Records supplied: Begin

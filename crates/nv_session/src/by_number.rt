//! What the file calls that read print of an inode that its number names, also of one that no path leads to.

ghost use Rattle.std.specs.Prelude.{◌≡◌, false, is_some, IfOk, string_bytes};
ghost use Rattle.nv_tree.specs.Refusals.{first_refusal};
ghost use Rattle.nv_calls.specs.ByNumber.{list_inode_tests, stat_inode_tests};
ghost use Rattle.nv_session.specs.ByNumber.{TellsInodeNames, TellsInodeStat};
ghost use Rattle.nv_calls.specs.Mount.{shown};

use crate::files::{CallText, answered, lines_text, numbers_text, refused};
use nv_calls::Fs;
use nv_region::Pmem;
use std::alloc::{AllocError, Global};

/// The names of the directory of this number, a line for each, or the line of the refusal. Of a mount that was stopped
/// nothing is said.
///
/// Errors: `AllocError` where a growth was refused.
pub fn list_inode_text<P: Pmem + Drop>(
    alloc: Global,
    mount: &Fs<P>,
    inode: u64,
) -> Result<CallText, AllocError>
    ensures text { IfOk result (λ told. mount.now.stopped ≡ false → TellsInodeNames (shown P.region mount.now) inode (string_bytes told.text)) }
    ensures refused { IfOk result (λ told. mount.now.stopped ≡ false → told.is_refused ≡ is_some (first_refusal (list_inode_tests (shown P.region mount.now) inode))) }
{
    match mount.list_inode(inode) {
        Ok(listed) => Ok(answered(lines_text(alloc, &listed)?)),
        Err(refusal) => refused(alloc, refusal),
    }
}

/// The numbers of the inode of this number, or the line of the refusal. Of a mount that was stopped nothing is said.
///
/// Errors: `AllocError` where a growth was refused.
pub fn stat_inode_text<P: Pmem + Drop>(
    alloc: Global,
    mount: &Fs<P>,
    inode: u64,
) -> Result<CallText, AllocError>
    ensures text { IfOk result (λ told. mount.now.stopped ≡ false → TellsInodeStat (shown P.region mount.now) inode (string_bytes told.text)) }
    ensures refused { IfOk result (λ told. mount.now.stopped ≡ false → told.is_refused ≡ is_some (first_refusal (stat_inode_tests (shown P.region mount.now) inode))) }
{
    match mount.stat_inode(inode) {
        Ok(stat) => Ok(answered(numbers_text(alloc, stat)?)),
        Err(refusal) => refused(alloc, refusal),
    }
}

Records supplied: End
Records supplied: Begin

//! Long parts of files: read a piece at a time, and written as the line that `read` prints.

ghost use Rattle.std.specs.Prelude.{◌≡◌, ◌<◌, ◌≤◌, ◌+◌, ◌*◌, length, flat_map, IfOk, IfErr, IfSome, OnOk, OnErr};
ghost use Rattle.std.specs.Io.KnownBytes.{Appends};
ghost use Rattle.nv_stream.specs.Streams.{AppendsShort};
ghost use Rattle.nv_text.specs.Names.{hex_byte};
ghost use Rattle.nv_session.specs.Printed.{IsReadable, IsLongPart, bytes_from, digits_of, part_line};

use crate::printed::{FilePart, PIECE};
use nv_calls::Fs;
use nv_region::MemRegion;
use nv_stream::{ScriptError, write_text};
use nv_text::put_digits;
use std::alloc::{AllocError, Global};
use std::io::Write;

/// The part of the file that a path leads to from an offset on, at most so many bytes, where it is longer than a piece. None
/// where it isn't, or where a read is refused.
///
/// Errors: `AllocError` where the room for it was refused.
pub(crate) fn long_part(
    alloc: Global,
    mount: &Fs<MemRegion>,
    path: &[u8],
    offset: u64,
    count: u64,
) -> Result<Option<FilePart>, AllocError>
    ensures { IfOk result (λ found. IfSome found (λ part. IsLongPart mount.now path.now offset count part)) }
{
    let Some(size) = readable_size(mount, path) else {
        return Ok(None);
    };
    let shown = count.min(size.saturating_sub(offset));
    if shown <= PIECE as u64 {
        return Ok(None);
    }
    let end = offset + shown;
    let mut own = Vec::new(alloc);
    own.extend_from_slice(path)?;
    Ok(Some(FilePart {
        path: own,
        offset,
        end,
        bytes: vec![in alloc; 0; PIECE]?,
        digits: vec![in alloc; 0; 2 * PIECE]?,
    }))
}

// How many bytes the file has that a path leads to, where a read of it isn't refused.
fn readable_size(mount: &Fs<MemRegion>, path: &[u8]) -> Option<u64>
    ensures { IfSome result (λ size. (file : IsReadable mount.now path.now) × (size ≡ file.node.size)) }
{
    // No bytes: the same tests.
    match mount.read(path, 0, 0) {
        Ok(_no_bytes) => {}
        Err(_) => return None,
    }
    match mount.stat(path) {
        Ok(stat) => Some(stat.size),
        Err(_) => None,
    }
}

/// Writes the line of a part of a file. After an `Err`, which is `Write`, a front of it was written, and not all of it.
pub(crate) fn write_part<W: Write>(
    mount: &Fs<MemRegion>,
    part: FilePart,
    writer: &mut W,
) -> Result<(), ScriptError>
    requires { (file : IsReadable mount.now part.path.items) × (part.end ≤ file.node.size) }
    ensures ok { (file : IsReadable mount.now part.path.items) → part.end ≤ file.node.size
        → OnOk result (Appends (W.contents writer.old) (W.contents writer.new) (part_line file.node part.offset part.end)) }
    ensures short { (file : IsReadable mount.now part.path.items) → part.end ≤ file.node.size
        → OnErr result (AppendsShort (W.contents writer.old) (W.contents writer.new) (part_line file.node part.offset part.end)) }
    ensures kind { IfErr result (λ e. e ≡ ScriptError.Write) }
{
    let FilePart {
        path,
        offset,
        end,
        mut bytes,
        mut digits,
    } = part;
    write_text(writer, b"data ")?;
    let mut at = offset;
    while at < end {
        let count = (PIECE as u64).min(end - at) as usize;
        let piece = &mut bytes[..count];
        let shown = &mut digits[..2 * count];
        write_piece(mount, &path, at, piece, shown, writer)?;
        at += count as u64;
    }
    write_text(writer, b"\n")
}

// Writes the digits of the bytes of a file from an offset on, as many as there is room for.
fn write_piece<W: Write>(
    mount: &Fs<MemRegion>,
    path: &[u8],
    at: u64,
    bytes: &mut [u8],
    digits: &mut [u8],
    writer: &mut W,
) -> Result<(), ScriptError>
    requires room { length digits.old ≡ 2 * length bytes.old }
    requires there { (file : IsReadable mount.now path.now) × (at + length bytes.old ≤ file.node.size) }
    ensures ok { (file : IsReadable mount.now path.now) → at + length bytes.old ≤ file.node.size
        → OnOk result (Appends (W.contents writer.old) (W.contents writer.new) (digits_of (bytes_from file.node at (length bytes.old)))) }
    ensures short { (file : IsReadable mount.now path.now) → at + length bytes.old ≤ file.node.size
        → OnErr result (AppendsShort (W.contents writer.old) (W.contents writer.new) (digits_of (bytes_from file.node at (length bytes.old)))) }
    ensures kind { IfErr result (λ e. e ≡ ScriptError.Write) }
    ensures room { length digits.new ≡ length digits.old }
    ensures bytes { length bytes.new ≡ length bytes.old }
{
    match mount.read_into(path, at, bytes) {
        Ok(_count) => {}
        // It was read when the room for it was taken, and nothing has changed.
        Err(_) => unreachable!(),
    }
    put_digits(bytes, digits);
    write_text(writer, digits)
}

Records supplied: End

Assignment:
Copy out the lines above that hold the string "contents".

Output:
        → OnOk result (Appends (W.contents writer.old) (W.contents writer.new) (part_line file.node part.offset part.end)) }
        → OnErr result (AppendsShort (W.contents writer.old) (W.contents writer.new) (part_line file.node part.offset part.end)) }
        → OnOk result (Appends (W.contents writer.old) (W.contents writer.new) (digits_of (bytes_from file.node at (length bytes.old)))) }
        → OnErr result (AppendsShort (W.contents writer.old) (W.contents writer.new) (digits_of (bytes_from file.node at (length bytes.old)))) }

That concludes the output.